■ Your task ■
Write out every record below exactly, so that nothing differs from what is shown.

--- Record set Enclosed Below ---

//! What the program answers: the bytes that it prints.
ghost use Rattle.pf_cdb.specs.Sound.{IsSound};

use pf_base::{Bytes, List, NoMemory, Pair, after_byte, before_byte, decimal};
use pf_cdb::{Damage, WriteFault, Writer, Written, check, elements, find};
use std::alloc::Global;

// A writer to which the pairs of a text are added.
fn with_lines(alloc: Global, text: &[u8]) -> Result<Writer, WriteFault> {
    let mut writer = Writer::new(alloc)?;
    for line in text.split(|byte| *byte == b'\n') {
        if line.len() > 0 {
            writer = writer.add(before_byte(line, b' '), after_byte(line, b' '))?;
        }
    }
    Ok(writer)
}

fn written(alloc: Global, text: &[u8]) -> Result<Bytes, WriteFault> {
    let Written { bytes, .. } = with_lines(alloc, text)?.finish(alloc)?;
    Ok(bytes)
}

/// The file for the pairs of a text.
pub fn build(alloc: Global, text: &[u8]) -> Result<Bytes, NoMemory> {
    match written(alloc, text) {
        Ok(file) => Ok(file),
        Err(WriteFault::TooLarge) => Bytes::from_slice(alloc, b"too large\n"),
        Err(WriteFault::NoMemory) => Err(NoMemory),
    }
}

/// Adds a number in digits.
pub fn add_number(alloc: Global, text: &mut Bytes, number: u64) -> Result<(), NoMemory> {
    text.extend(decimal(alloc, number)?.as_bytes())
}

fn add_place(alloc: Global, text: &mut Bytes, number: u32) -> Result<(), NoMemory> {
    text.push(b' ')?;
    add_number(alloc, text, u64::from(number))
}

fn kind(damage: Damage) -> &'static str {
    match damage {
        Damage::Header => "header",
        Damage::TableRange { .. } => "table",
        Damage::SlotRange { .. } => "slot",
        Damage::RecordRange { .. } => "record",
        Damage::WrongHash { .. } => "hash",
    }
}

// The table or the place of a damage, and its slot; 0 where it has none.
fn place(damage: Damage) -> (u32, u32) {
    match damage {
        Damage::Header => (0, 0),
        Damage::TableRange { table } => (table, 0),
        Damage::SlotRange { table, slot } | Damage::WrongHash { table, slot } => (table, slot),
        Damage::RecordRange { at } => (at, 0),
    }
}

/// Adds a damage as a line: its kind and where it is.
pub fn add_damage(alloc: Global, line: &mut Bytes, damage: Damage) -> Result<(), NoMemory> {
    let (place, slot) = place(damage);
    line.extend(kind(damage).as_bytes())?;
    add_place(alloc, line, place)?;
    add_place(alloc, line, slot)?;
    line.push(b'\n')
}

/// What is wrong with a file: nothing, or its damage in a line.
pub fn damage_line(alloc: Global, file: &[u8]) -> Result<Bytes, NoMemory> {
    let mut line = Bytes::new(alloc);
    if let Err(damage) = check(file) {
        add_damage(alloc, &mut line, damage)?;
    }
    Ok(line)
}

/// Adds pairs, each in a line.
pub fn add_pairs(text: &mut Bytes, pairs: &List<Pair>) -> Result<(), NoMemory> {
    for pair in pairs.as_slice() {
        text.extend_all(&[pair.key.as_slice(), b" ", pair.value.as_slice(), b"\n"])?;
    }
    Ok(())
}

/// The pairs of a file, each in a line; no line where it is damaged.
pub fn list(alloc: Global, file: &[u8]) -> Result<Bytes, NoMemory> {
    let mut text = Bytes::new(alloc);
    if let Ok(()) = check(file) {
        add_pairs(&mut text, &elements(alloc, file)?)?;
    }
    Ok(text)
}

// Adds the value of a key as a line, where the file has it.
fn add_value(text: &mut Bytes, file: &[u8], key: &[u8]) -> Result<(), NoMemory>
    requires { IsSound file.now }
{
    match find(file, key) {
        Some(span) => {
            text.extend(&file[span.start as usize..span.end as usize])?;
            text.push(b'\n')
        }
        None => Ok(()),
    }
}

fn add_values(text: &mut Bytes, file: &[u8], keys: &[u8]) -> Result<(), NoMemory>
    requires { IsSound file.now }
{
    for key in keys.split(|byte| *byte == b'\n') {
        if key.len() > 0 {
            add_value(text, file, key)?;
        }
    }
    Ok(())
}

/// The values of some keys, each in a line; no line where the file is damaged.
pub fn ask(alloc: Global, file: &[u8], keys: &[u8]) -> Result<Bytes, NoMemory> {
    let mut text = Bytes::new(alloc);
    if let Ok(()) = check(file) {
        add_values(&mut text, file, keys)?;
    }
    Ok(text)
}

--- End of Enclosed Record set ---

■ Expected answer ■
//! What the program answers: the bytes that it prints.
ghost use Rattle.pf_cdb.specs.Sound.{IsSound};

use pf_base::{Bytes, List, NoMemory, Pair, after_byte, before_byte, decimal};
use pf_cdb::{Damage, WriteFault, Writer, Written, check, elements, find};
use std::alloc::Global;

// A writer to which the pairs of a text are added.
fn with_lines(alloc: Global, text: &[u8]) -> Result<Writer, WriteFault> {
    let mut writer = Writer::new(alloc)?;
    for line in text.split(|byte| *byte == b'\n') {
        if line.len() > 0 {
            writer = writer.add(before_byte(line, b' '), after_byte(line, b' '))?;
        }
    }
    Ok(writer)
}

fn written(alloc: Global, text: &[u8]) -> Result<Bytes, WriteFault> {
    let Written { bytes, .. } = with_lines(alloc, text)?.finish(alloc)?;
    Ok(bytes)
}

/// The file for the pairs of a text.
pub fn build(alloc: Global, text: &[u8]) -> Result<Bytes, NoMemory> {
    match written(alloc, text) {
        Ok(file) => Ok(file),
        Err(WriteFault::TooLarge) => Bytes::from_slice(alloc, b"too large\n"),
        Err(WriteFault::NoMemory) => Err(NoMemory),
    }
}

/// Adds a number in digits.
pub fn add_number(alloc: Global, text: &mut Bytes, number: u64) -> Result<(), NoMemory> {
    text.extend(decimal(alloc, number)?.as_bytes())
}

fn add_place(alloc: Global, text: &mut Bytes, number: u32) -> Result<(), NoMemory> {
    text.push(b' ')?;
    add_number(alloc, text, u64::from(number))
}

fn kind(damage: Damage) -> &'static str {
    match damage {
        Damage::Header => "header",
        Damage::TableRange { .. } => "table",
        Damage::SlotRange { .. } => "slot",
        Damage::RecordRange { .. } => "record",
        Damage::WrongHash { .. } => "hash",
    }
}

// The table or the place of a damage, and its slot; 0 where it has none.
fn place(damage: Damage) -> (u32, u32) {
    match damage {
        Damage::Header => (0, 0),
        Damage::TableRange { table } => (table, 0),
        Damage::SlotRange { table, slot } | Damage::WrongHash { table, slot } => (table, slot),
        Damage::RecordRange { at } => (at, 0),
    }
}

/// Adds a damage as a line: its kind and where it is.
pub fn add_damage(alloc: Global, line: &mut Bytes, damage: Damage) -> Result<(), NoMemory> {
    let (place, slot) = place(damage);
    line.extend(kind(damage).as_bytes())?;
    add_place(alloc, line, place)?;
    add_place(alloc, line, slot)?;
    line.push(b'\n')
}

/// What is wrong with a file: nothing, or its damage in a line.
pub fn damage_line(alloc: Global, file: &[u8]) -> Result<Bytes, NoMemory> {
    let mut line = Bytes::new(alloc);
    if let Err(damage) = check(file) {
        add_damage(alloc, &mut line, damage)?;
    }
    Ok(line)
}

/// Adds pairs, each in a line.
pub fn add_pairs(text: &mut Bytes, pairs: &List<Pair>) -> Result<(), NoMemory> {
    for pair in pairs.as_slice() {
        text.extend_all(&[pair.key.as_slice(), b" ", pair.value.as_slice(), b"\n"])?;
    }
    Ok(())
}

/// The pairs of a file, each in a line; no line where it is damaged.
pub fn list(alloc: Global, file: &[u8]) -> Result<Bytes, NoMemory> {
    let mut text = Bytes::new(alloc);
    if let Ok(()) = check(file) {
        add_pairs(&mut text, &elements(alloc, file)?)?;
    }
    Ok(text)
}

// Adds the value of a key as a line, where the file has it.
fn add_value(text: &mut Bytes, file: &[u8], key: &[u8]) -> Result<(), NoMemory>
    requires { IsSound file.now }
{
    match find(file, key) {
        Some(span) => {
            text.extend(&file[span.start as usize..span.end as usize])?;
            text.push(b'\n')
        }
        None => Ok(()),
    }
}

fn add_values(text: &mut Bytes, file: &[u8], keys: &[u8]) -> Result<(), NoMemory>
    requires { IsSound file.now }
{
    for key in keys.split(|byte| *byte == b'\n') {
        if key.len() > 0 {
            add_value(text, file, key)?;
        }
    }
    Ok(())
}

/// The values of some keys, each in a line; no line where the file is damaged.
pub fn ask(alloc: Global, file: &[u8], keys: &[u8]) -> Result<Bytes, NoMemory> {
    let mut text = Bytes::new(alloc);
    if let Ok(()) = check(file) {
        add_values(&mut text, file, keys)?;
    }
    Ok(text)
}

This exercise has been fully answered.